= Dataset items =
--- --- ---
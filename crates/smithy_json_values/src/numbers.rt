//! Big numbers: the text of a number or a string, and what it is as one.

ghost use Rattle.std.specs.Prelude.{◌≡◌, ◌≤◌, true, length, IfOk, FitsSigned};
ghost use Rattle.std.specs.Cow.{cow_str_bytes};
ghost use Rattle.std.specs.Int.{w128};
ghost use Rattle.smithy_declarations.specs.declared.shape_type.Scalar.TheVariants as scalars;
ghost use Rattle.smithy_declarations.specs.Value.{whole, decimal, scalar_value};
ghost use Rattle.smithy_texts.specs.Numeral.{number as number_of};
ghost use Rattle.smithy_texts.specs.Decimal.{mantissa, net_exponent};
ghost use Rattle.smithy_json_values.specs.Codec.{held_settings};
ghost use Rattle.smithy_json_values.specs.LexicalGrammar.{grammar_of};
ghost use Rattle.smithy_json_values.specs.Scalar.{big_number};
ghost use Rattle.smithy_json_values.specs.NumberText.{NumberTextLies};
ghost use Rattle.smithy_json_values.specs.Private.NumberSorts.{is_big_sort, kind_of_sort};
ghost use Rattle.smithy_json_values.specs.Private.ScalarAtPlace.{Finds, FindsWithin};
ghost use Rattle.smithy_wire.specs.Rules.{means, no_meaning, wide};
ghost use Rattle.smithy_wire.specs.Finding.{MatchFound};

use crate::number_runs::{NumberSort, number_of};
use crate::texts::text_of;
use crate::values::string_at;
use smithy_json_settings::Settings;
use smithy_types::{BigDecimal, BigInteger, BigNumberError};
use smithy_wire::Found;
use std::alloc::{AllocError, Global};
use std::borrow::CowStr;

// The text of the number of the sort, or of the string, that comes first behind blanks, with its end.
fn number_text_at<'a>(
    alloc: Global,
    sort: NumberSort,
    input: &'a [u8],
    at: usize,
    settings: &Settings,
) -> Result<Option<(CowStr<'a, Global>, usize)>, AllocError>
    requires within { at ≤ length input.now }
    requires big { is_big_sort sort ≡ true }
    ensures { IfOk result (Finds (NumberTextLies (grammar_of (held_settings settings.now)) (kind_of_sort sort) input.now at) cow_str_bytes) }
{
    if let Some((text, end)) = number_of(sort, input, at, settings) {
        return Ok(Some((CowStr::Borrowed(text), end)));
    }
    let Some(string) = string_at(input, at, settings) else {
        return Ok(None);
    };
    let Some(text) = text_of(alloc, string.text, string.has_escape)? else {
        return Ok(None);
    };
    Ok(Some((text, string.closing + 1)))
}

// The whole number that a text writes, where 128 bits hold it.
fn big_integer_of(alloc: Global, text: &str) -> Result<Found<BigInteger>, AllocError>
    ensures answer { IfOk result (λ f. MatchFound f (λ n. big_number scalars.BigInteger text.now ≡ means (scalar_value (whole (number_of n)))) (big_number scalars.BigInteger text.now ≡ no_meaning) (big_number scalars.BigInteger text.now ≡ wide)) }
    ensures text { IfOk result (λ f. MatchFound f (λ n. n ≡ text.now) (Unit {0}) (Unit {0})) }
    ensures fits { IfOk result (λ f. MatchFound f (λ n. FitsSigned w128 (number_of n)) (Unit {0}) (Unit {0})) }
{
    match BigInteger::from_str(alloc, text) {
        Ok(number) => match number.to_i128() {
            Ok(_) => Ok(Found::Value(number)),
            Err(_) => Ok(Found::Beyond),
        },
        Err(BigNumberError::InvalidFormat) => Ok(Found::Nothing),
        Err(_) => Err(AllocError),
    }
}

// The decimal number that a text writes, where its parts are within their limits.
fn big_decimal_of(alloc: Global, text: &str) -> Result<Found<BigDecimal>, AllocError>
    ensures answer { IfOk result (λ f. MatchFound f (λ n. big_number scalars.BigDecimal text.now ≡ means (scalar_value (decimal (mantissa n) (net_exponent n)))) (big_number scalars.BigDecimal text.now ≡ no_meaning) (big_number scalars.BigDecimal text.now ≡ wide)) }
    ensures text { IfOk result (λ f. MatchFound f (λ n. n ≡ text.now) (Unit {0}) (Unit {0})) }
    ensures fits { IfOk result (λ f. MatchFound f (λ n. FitsSigned w128 (mantissa n)) (Unit {0}) (Unit {0})) }
{
    match BigDecimal::from_str(alloc, text) {
        Ok(number) => match number.to_parts() {
            Ok(_) => Ok(Found::Value(number)),
            Err(_) => Ok(Found::Beyond),
        },
        Err(BigNumberError::InvalidFormat) => Ok(Found::Nothing),
        Err(BigNumberError::ExponentOutOfRange) => Ok(Found::Beyond),
        Err(BigNumberError::NoMemory) => Err(AllocError),
    }
}

/// The whole number that comes first behind blanks as a big integer is read, with its end.
pub fn big_integer_at(
    alloc: Global,
    input: &[u8],
    at: usize,
    settings: &Settings,
) -> Result<Found<(BigInteger, usize)>, AllocError>
    requires { at ≤ length input.now }
    ensures found { IfOk result (FindsWithin (grammar_of (held_settings settings.now)) scalars.BigInteger (λ n. whole (number_of n)) input.now at) }
    ensures text { IfOk result (λ f. MatchFound f (λ r. NumberTextLies (grammar_of (held_settings settings.now)) scalars.BigInteger input.now at r.0 r.1) (Unit {0}) (Unit {0})) }
    ensures fits { IfOk result (λ f. MatchFound f (λ r. FitsSigned w128 (number_of r.0)) (Unit {0}) (Unit {0})) }
{
    let Some((text, end)) = number_text_at(alloc, NumberSort::BigInteger, input, at, settings)?
    else {
        return Ok(Found::Nothing);
    };
    match big_integer_of(alloc, text.as_str())? {
        Found::Value(number) => Ok(Found::Value((number, end))),
        Found::Nothing => Ok(Found::Nothing),
        Found::Beyond => Ok(Found::Beyond),
    }
}

/// The decimal number that comes first behind blanks as a big decimal is read, with its end.
pub fn big_decimal_at(
    alloc: Global,
    input: &[u8],
    at: usize,
    settings: &Settings,
) -> Result<Found<(BigDecimal, usize)>, AllocError>
    requires { at ≤ length input.now }
    ensures found { IfOk result (FindsWithin (grammar_of (held_settings settings.now)) scalars.BigDecimal (λ n. decimal (mantissa n) (net_exponent n)) input.now at) }
    ensures text { IfOk result (λ f. MatchFound f (λ r. NumberTextLies (grammar_of (held_settings settings.now)) scalars.BigDecimal input.now at r.0 r.1) (Unit {0}) (Unit {0})) }
    ensures fits { IfOk result (λ f. MatchFound f (λ r. FitsSigned w128 (mantissa r.0)) (Unit {0}) (Unit {0})) }
{
    let Some((text, end)) = number_text_at(alloc, NumberSort::Decimal, input, at, settings)? else {
        return Ok(Found::Nothing);
    };
    match big_decimal_of(alloc, text.as_str())? {
        Found::Value(number) => Ok(Found::Value((number, end))),
        Found::Nothing => Ok(Found::Nothing),
        Found::Beyond => Ok(Found::Beyond),
    }
}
--- --- ---
= Required action =
Work through the entries, filtering for the string "behind", and copy each line that holds it.

= Output =
// The text of the number of the sort, or of the string, that comes first behind blanks, with its end.
/// The whole number that comes first behind blanks as a big integer is read, with its end.
/// The decimal number that comes first behind blanks as a big decimal is read, with its end.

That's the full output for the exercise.